Qube chairman preaches patience on mid-term investments


Rise in net profit before amortisation forecast for next annual result

Qube chairman preaches patience on mid-term investments
Demolition at the Moorebank import-export terminal site

 

Qube is rolling towards better times once strategic investments mature, according to chairman Allan Davies.

In an address to shareholders, Davies forecast reasonable returns for the full financial year but modest immediate growth at best.

"In FY17, through the acquisitions of 50 per cent of Patrick, Aurizon’s Moorebank interests and the other 50 per cent of AAT [Australian Amalgamated Terminals], Qube has assembled a unique portfolio of high quality and strategic infrastructure assets that will drive efficiencies across the logistics supply chain," Davies tells shareholders.

"In the shorter term, while Qube is undertaking the investment to develop some of these assets, its earnings will not reflect the substantial value that is being created.

"However, despite its significant investment and ongoing competitive market conditions, Qube continues to expect to report an increase in underlying earnings, being NPAT (pre-amortisation) in the 2018 financial year."

Market conditions are seen as similar to last year, "with pressure on rates from the ongoing competitive dynamics in Qube’s key markets".

"The Logistics and Ports & Bulk divisions are both expected to deliver underlying revenue and earnings growth," Davies says.

"The extent of growth in earnings in the Ports & Bulk division will be influenced by conditions across commodity markets, particularly strength in forestry volumes, vehicle volumes as well as any recovery in activity levels in the oil and gas sector.

"The earnings from the Logistics division’s Sydney operations will be impacted in FY18 by additional interim operational costs as the business waits for the Moorebank Logistics Park’s facilities to be developed over the next two years."

Sydney operations will start consolidating some of its existing activities at Moorebank from the year after next and this year’s poor grain harvest will crimp the logistics division’s returns.

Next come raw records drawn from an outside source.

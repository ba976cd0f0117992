//! Defines combinations of the categories of several maps, walks along the rows of these maps, and lists
//! entries: combinations, each with a number of cells (GRASS manual: r.stats). Null is last in the order
//! (profile).
//!
//! - `combination`: `Combo`, one cell of each map, ordered by the first, then the second, ..
//! - `combination_text`: `Combo::read` reads cells separated by commas, or returns a `ComboFault`
//! - `skip`: `Skip`, which combinations a table leaves out (flags `-n` and `-N`)
//! - `selection`: `TabulatedMaps`, the maps of a shelf that are tabulated, and the `Skip`
//! - `cursor`: `RowCursor` walks along a row by runs; `advance_cursors_and_write_cells` walks over several maps at once
//! - `law`: a text is read as a combination if and only if it spells one
//! - `ordered`: `sorted_entries_with_summed_counts` sorts a list of entries, with one entry per combination
//! - `gathered`: `CountedCombinations` keeps combinations of many maps side by side, and counts cells of them
//! - `pair_place`: `CombinationCountSlot` keeps a combination of one or two maps with its count
//! - `scattered`: `CombinationRanks` numbers combinations in their order; `sort_slots_by_digit` sorts places by these numbers, digit by digit
//! - `codes`: `code_of_cell` numbers a cell
//!
//! Two categories, or null, from `text`:
//!
//! ```
//! let combo = Combo::read(alloc, text, 2)?;
//! if combo.len() != 2 {
//!     return Err(ComboFault::BadWidth);
//! }
//! let first = combo.get(0).get().unwrap_or(NULL_CATEGORY);
//! ```
#![tactic(auto)]

pub mod codes;
pub mod combination;
pub mod combination_text;
pub mod cursor;
pub mod gathered;
pub mod law;
pub mod ordered;
pub mod pair_place;
pub mod scattered;
pub mod selection;
pub mod skip;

The from the Strategic Assets division will include a full period’s contribution from AAT, which is benefitting from strength in passenger vehicles and mining related equipment despite reduced earnings from AAT’s Melbourne operations.

That division is also expected to see increased management fees for Moorebank Intermodal Company (MIC)-funded works at Moorebank.

Modest warehouse rental income is expected from the existing warehouses at Moorebank. The capex from this division is expected to increase significantly this financial year as the Moorebank development ramps up.

Earnings from Minto Properties are expected to be lower this year, while the capital expenditure for the new Mazda lease is undertaken with earnings then increasing from the following year onwards.